_What you should do:_ Your job with the data below: print everything from the line that holds "fn all_small(tokens: &[u32]) -> bool" down to the line that holds "bytes are counted.", ends included, exactly, and nothing else.

_Data supplied:_
---+---

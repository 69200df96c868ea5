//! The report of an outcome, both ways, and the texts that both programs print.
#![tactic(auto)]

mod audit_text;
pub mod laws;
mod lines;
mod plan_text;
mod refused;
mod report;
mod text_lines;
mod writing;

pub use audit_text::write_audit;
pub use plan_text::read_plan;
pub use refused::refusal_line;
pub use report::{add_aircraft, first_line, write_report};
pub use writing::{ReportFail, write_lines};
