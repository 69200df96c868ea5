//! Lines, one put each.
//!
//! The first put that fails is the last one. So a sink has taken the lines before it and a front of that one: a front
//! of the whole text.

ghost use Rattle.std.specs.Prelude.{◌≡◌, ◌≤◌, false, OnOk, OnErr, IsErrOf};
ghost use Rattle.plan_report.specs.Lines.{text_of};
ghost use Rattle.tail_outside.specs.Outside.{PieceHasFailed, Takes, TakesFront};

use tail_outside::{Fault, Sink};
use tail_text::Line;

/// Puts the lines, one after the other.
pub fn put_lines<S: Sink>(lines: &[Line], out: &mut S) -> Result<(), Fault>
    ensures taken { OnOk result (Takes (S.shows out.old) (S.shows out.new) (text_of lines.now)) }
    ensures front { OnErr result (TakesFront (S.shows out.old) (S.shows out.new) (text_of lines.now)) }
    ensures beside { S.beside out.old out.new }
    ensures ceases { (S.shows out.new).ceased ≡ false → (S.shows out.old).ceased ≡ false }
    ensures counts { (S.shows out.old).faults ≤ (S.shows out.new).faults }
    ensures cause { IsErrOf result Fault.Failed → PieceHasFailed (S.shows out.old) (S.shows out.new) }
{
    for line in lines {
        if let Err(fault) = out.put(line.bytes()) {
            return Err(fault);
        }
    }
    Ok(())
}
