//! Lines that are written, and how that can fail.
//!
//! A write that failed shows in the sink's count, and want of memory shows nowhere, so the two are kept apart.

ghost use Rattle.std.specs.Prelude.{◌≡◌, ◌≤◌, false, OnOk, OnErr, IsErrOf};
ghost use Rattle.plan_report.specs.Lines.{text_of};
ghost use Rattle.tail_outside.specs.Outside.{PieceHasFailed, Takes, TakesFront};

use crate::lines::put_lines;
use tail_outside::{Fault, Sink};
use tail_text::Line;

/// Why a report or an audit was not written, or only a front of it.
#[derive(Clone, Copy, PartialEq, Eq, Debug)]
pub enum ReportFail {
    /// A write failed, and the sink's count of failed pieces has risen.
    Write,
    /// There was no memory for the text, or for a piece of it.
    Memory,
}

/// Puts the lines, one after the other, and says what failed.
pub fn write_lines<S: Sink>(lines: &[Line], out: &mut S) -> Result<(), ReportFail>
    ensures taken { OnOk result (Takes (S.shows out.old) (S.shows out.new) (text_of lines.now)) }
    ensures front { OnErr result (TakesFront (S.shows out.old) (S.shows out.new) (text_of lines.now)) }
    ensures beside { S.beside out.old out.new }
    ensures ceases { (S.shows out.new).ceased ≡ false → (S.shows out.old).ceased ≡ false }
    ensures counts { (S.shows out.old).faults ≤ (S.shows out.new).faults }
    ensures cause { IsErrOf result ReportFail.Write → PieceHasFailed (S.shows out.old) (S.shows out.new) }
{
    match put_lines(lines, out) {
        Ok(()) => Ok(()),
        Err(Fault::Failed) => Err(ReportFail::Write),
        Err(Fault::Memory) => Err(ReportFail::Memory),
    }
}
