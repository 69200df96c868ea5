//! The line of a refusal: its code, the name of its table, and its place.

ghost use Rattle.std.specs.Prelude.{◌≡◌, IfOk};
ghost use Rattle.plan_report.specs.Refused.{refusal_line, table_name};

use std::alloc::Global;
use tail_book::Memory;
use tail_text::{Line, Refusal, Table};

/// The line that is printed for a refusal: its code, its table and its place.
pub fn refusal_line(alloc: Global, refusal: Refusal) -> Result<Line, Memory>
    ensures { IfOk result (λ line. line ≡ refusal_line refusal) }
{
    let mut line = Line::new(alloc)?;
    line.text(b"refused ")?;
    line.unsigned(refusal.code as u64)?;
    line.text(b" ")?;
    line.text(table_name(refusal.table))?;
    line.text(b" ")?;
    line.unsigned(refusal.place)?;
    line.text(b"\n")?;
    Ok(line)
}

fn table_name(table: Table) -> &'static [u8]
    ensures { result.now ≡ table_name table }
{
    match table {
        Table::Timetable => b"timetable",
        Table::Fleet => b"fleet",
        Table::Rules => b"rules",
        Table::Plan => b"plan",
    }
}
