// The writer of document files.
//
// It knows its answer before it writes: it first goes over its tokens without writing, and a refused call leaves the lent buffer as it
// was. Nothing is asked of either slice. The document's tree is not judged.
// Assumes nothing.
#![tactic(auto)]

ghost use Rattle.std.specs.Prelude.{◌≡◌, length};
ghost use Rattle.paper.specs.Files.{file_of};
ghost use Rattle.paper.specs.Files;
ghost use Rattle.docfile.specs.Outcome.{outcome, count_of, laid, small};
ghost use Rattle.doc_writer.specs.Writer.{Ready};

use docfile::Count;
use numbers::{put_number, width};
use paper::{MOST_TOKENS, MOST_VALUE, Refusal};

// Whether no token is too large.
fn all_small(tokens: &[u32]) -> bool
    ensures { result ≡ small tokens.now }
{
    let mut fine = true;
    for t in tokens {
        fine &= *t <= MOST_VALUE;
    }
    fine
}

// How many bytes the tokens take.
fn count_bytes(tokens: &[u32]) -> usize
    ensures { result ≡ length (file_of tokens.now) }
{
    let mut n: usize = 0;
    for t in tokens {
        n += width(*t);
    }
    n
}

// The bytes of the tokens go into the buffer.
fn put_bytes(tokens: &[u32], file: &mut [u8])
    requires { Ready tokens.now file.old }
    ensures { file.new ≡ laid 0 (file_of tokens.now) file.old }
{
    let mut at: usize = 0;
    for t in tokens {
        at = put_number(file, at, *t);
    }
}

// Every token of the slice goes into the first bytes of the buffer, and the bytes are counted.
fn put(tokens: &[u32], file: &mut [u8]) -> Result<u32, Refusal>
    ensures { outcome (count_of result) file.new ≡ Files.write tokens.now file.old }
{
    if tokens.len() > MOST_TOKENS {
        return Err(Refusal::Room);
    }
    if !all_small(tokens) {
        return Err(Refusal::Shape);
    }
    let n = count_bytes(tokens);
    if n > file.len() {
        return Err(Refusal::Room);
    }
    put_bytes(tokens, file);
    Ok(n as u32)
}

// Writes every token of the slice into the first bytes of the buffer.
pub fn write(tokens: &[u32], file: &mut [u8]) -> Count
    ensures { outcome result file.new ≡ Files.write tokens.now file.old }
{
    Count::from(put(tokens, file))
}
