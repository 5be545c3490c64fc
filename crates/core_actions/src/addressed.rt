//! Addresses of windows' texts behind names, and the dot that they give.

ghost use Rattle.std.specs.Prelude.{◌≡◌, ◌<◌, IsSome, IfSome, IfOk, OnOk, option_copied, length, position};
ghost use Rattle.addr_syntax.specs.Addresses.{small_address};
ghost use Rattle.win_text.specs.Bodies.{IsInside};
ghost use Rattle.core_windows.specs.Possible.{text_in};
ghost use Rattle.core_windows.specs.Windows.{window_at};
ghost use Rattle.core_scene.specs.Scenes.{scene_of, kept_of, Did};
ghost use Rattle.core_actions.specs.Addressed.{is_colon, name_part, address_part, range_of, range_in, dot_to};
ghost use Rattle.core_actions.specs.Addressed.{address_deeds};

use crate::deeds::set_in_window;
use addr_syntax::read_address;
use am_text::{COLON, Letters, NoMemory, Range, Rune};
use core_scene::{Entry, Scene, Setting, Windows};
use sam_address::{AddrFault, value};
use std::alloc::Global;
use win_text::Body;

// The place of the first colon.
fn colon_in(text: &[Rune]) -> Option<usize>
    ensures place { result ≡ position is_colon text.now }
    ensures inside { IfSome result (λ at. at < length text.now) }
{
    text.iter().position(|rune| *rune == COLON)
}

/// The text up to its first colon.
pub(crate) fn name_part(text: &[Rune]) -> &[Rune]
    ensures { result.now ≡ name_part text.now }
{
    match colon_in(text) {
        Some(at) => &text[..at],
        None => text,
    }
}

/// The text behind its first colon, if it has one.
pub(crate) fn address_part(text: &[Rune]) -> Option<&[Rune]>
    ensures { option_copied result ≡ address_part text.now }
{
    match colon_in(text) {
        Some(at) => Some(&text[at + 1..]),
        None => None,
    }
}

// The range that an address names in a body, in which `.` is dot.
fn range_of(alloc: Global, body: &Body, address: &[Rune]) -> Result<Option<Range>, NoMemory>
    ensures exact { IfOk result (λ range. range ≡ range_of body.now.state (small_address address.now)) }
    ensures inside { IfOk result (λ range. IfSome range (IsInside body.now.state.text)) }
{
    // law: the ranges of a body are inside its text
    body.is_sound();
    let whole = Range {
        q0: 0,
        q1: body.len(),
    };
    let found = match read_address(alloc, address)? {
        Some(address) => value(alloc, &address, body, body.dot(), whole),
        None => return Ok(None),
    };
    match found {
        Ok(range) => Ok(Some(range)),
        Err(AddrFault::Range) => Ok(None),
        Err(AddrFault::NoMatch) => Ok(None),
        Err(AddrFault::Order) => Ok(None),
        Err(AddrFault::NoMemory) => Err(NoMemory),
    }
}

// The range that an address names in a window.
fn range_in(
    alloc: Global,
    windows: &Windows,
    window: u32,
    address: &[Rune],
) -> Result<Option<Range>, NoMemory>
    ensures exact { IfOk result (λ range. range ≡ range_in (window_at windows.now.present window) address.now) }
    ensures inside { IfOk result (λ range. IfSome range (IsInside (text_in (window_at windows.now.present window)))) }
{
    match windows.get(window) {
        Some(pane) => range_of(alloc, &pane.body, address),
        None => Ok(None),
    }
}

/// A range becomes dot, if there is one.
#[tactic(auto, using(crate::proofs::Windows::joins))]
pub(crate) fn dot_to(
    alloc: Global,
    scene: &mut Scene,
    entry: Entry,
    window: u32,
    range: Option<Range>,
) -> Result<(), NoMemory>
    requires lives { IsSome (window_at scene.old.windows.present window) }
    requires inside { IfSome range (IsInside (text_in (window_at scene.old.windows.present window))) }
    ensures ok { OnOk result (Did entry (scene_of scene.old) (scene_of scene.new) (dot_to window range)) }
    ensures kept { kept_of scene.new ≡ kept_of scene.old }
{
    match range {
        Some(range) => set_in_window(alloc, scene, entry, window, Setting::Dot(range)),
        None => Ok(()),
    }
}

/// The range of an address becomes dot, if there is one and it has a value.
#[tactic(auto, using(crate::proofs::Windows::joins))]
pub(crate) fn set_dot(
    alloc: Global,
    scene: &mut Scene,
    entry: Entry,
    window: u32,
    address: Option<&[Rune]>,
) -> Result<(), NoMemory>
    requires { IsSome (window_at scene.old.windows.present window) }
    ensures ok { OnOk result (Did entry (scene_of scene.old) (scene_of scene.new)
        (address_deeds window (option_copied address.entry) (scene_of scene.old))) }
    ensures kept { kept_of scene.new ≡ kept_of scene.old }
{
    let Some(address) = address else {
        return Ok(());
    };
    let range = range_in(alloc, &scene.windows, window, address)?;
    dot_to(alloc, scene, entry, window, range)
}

---+---

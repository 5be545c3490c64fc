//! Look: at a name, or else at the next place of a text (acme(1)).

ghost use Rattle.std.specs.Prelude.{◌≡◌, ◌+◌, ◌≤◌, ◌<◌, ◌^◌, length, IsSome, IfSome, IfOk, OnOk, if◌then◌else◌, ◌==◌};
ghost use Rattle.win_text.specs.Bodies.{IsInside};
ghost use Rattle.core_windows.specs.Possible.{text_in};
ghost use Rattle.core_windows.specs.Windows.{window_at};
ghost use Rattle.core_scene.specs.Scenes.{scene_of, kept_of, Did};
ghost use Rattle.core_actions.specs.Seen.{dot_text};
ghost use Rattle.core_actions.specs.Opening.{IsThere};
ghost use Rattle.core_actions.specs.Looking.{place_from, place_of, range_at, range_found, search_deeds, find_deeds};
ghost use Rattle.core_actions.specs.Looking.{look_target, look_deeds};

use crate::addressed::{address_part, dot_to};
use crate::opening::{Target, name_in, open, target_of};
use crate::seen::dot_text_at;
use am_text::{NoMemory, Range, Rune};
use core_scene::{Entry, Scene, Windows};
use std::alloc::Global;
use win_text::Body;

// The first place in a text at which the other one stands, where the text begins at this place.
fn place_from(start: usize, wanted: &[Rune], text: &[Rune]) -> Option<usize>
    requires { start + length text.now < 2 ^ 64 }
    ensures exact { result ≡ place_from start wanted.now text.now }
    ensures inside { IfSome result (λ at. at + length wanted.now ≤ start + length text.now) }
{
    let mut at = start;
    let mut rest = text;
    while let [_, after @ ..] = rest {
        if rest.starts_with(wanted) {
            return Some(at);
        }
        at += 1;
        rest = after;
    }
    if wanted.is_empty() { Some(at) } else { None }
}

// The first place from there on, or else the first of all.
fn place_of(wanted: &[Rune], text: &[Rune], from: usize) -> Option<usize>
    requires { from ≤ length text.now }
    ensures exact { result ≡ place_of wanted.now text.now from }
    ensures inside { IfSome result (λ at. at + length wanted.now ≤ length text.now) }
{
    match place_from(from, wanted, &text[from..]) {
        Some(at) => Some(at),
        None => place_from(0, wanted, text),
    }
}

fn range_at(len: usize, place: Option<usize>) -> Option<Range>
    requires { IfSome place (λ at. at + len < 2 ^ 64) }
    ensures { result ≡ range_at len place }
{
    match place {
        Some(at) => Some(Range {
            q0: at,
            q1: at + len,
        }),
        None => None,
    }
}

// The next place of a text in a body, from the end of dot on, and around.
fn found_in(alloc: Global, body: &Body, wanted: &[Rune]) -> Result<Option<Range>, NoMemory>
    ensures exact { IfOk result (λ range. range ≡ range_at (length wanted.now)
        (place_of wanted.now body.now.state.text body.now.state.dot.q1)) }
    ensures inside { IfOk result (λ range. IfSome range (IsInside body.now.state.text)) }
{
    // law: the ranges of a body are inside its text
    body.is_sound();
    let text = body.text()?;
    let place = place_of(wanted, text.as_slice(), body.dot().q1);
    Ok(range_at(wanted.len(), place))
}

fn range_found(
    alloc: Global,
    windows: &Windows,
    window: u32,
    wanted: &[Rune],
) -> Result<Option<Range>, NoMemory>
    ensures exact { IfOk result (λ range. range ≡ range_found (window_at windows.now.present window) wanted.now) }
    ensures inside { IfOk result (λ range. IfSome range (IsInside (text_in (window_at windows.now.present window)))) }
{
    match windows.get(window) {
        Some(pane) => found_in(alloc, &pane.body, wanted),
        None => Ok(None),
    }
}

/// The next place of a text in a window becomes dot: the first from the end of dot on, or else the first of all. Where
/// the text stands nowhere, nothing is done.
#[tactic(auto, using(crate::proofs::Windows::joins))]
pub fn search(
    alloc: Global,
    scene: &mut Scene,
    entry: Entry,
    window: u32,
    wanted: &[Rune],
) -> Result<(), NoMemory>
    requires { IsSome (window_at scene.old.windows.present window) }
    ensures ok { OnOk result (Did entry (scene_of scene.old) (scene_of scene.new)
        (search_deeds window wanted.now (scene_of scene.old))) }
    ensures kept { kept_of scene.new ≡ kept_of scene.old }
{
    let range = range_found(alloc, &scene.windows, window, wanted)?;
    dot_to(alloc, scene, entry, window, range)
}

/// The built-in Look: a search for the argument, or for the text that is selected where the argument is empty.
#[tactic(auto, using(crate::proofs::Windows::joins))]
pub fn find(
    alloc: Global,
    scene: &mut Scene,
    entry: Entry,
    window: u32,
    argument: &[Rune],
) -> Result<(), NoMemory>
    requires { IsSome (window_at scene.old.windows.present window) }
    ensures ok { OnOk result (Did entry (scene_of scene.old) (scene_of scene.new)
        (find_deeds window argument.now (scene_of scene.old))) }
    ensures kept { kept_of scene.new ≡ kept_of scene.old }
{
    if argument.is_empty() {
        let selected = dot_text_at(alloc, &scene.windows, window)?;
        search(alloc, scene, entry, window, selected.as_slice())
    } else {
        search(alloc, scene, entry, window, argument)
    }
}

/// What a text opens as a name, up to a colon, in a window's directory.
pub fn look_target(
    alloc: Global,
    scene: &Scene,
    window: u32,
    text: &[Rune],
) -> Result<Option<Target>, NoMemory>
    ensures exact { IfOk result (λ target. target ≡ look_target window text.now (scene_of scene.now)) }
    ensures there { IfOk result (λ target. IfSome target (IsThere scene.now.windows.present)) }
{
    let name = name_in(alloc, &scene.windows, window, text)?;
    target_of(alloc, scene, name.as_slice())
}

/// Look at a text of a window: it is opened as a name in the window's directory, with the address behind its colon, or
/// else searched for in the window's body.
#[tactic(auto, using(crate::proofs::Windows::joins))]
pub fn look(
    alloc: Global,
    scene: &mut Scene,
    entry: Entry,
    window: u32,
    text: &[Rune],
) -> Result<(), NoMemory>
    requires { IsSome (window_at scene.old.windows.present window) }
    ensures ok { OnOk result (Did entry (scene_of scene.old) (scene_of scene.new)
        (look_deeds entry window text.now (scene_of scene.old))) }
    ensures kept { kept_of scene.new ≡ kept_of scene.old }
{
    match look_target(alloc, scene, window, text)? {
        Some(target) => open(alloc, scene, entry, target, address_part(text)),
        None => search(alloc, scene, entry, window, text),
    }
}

---+---

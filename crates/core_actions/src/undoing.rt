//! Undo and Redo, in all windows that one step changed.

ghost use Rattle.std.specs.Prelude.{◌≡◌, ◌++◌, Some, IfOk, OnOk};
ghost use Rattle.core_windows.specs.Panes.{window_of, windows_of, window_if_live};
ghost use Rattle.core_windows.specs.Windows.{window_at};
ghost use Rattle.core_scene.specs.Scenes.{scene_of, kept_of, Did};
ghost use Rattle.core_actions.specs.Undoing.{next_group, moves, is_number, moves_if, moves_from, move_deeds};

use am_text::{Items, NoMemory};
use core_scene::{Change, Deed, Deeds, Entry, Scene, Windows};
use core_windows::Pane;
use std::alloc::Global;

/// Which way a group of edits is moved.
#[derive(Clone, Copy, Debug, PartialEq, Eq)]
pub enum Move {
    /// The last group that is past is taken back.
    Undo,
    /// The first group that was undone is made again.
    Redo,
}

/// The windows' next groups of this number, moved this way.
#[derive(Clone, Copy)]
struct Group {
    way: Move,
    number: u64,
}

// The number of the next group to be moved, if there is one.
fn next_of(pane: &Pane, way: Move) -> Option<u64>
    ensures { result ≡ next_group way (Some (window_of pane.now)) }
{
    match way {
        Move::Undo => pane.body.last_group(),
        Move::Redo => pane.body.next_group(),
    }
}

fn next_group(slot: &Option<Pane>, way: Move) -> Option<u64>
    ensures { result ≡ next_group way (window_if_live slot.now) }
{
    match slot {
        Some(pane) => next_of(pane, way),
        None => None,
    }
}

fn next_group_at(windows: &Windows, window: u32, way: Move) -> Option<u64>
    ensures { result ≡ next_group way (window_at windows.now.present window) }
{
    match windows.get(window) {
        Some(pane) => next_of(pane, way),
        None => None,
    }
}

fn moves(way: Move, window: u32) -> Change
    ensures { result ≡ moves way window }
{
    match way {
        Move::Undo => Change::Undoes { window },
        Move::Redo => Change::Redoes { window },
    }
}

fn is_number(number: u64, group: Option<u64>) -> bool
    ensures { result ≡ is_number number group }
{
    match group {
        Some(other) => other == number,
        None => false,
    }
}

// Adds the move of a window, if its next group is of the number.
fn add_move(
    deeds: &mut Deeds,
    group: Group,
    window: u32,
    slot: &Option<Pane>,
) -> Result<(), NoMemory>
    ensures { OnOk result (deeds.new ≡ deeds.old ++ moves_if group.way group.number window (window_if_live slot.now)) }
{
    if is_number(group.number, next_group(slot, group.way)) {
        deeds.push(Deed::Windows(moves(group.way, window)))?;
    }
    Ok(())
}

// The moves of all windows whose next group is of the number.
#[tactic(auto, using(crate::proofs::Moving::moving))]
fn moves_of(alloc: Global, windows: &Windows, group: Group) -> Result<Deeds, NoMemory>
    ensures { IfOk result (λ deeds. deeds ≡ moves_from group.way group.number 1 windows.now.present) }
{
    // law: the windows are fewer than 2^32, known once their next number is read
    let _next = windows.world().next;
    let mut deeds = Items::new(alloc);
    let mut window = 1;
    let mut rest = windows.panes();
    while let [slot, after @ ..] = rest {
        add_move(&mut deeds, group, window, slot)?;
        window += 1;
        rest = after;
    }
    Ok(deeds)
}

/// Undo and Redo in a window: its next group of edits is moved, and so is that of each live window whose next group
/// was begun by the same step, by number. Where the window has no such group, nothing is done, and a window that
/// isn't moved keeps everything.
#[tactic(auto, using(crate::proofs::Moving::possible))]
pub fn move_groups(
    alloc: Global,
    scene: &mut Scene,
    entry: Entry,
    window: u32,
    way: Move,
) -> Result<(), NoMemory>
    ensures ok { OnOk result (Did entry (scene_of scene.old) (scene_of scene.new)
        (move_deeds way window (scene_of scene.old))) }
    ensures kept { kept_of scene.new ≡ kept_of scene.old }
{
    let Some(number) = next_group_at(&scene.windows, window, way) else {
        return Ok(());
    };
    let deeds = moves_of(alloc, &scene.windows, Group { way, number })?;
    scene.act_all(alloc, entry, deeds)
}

---+---

_The completed task:_
fn all_small(tokens: &[u32]) -> bool
    ensures { result ≡ small tokens.now }
{
    let mut fine = true;
    for t in tokens {
        fine &= *t <= MOST_VALUE;
    }
    fine
}

// How many bytes the tokens take.
fn count_bytes(tokens: &[u32]) -> usize
    ensures { result ≡ length (file_of tokens.now) }
{
    let mut n: usize = 0;
    for t in tokens {
        n += width(*t);
    }
    n
}

// The bytes of the tokens go into the buffer.
fn put_bytes(tokens: &[u32], file: &mut [u8])
    requires { Ready tokens.now file.old }
    ensures { file.new ≡ laid 0 (file_of tokens.now) file.old }
{
    let mut at: usize = 0;
    for t in tokens {
        at = put_number(file, at, *t);
    }
}

// Every token of the slice goes into the first bytes of the buffer, and the bytes are counted.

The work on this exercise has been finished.